Red Lentil Soup with Butter and Unusual Seasonings
Adapted from In the Kitchen with a Good Appetite by Melissa Clark
Serves 6-8
2 tbsp. butter
1 medium onion, chopped
2 garlic cloves, chopped
3/4 tsp. kosher salt (I use Morton coarse kosher salt)
1/2-1 tsp. Aleppo pepper, plus more for serving
2 tbsp. tomato paste
1 tbsp. chopped fresh mint, plus more for serving
2 medium or large carrots, diced
1 cup red lentils
1/4 cup coarse bulgur wheat
4 cups vegetable stock
2 cups water
Fresh lemon, for serving
1) In a large soup pot, melt the butter over medium heat. Add the onions, garlic, salt, and Aleppo pepper. Cook for 4-5 minutes, until the onion and garlic are fragrant and softened.
2) Stir in the tomato paste, mint, and carrots. Cook for about 2 minutes. Stir the lentils and bulgur into the pot, then add the vegetable stock and water. Bring the whole thing to a bubble over high heat, then turn the heat down and simmer the soup for 45-60 minutes, until the lentils and carrots are very soft.
3) Serve the soup with a sprinkle of Aleppo pepper, a squeeze of lemon, and a sprinkle of chopped mint.
3 comments:
Hmmmmm. I think I have everything but the aleppo pepper. Probably because I'd never heard of it until you mentioned it here. A quick Google search leads me to think I need to get some, but can likely come up with a substitute until I find it.

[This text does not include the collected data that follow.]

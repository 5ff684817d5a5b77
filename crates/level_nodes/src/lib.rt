//! The nodes that are kept on both sides of a level, of a subtree or of a range proof: their lists, flat lists, and JSON.
#![tactic(auto)]

pub mod flat;
mod left_nodes;
pub mod levels;
pub mod node_json;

Day two of veggie life. Thanks again for sharing the info. This is going to be a great adventure. I wonder how long it will take Hubby to realize we're meat-free?
this sounds AWESOME. and i hate nutrition studies for that same reason--too many variables! anyways, i shunned butter for awhile too, but now i have come to embrace it with olive oil, attempting moderation ;) must try this soup... if i have time this week? the weather is perfect for it :(
Ooh, Laurie. Aleppo pepper is WONDERFUL! I do hope you try it, but you could definitely use other spices--maybe some paprika and a pinch of cayenne? Hope you are enjoying veggie life :-)
Shannon, yes! I'm glad I'm not the only scientist who is overwhelmed by the messiness of nutrition studies. I'm sorry to hear about your bad weather, but at least it's a good excuse to burrow into the kitchen, right? (And wait, what do you mean you don't have time for your kitchen? Priorities, my dear!)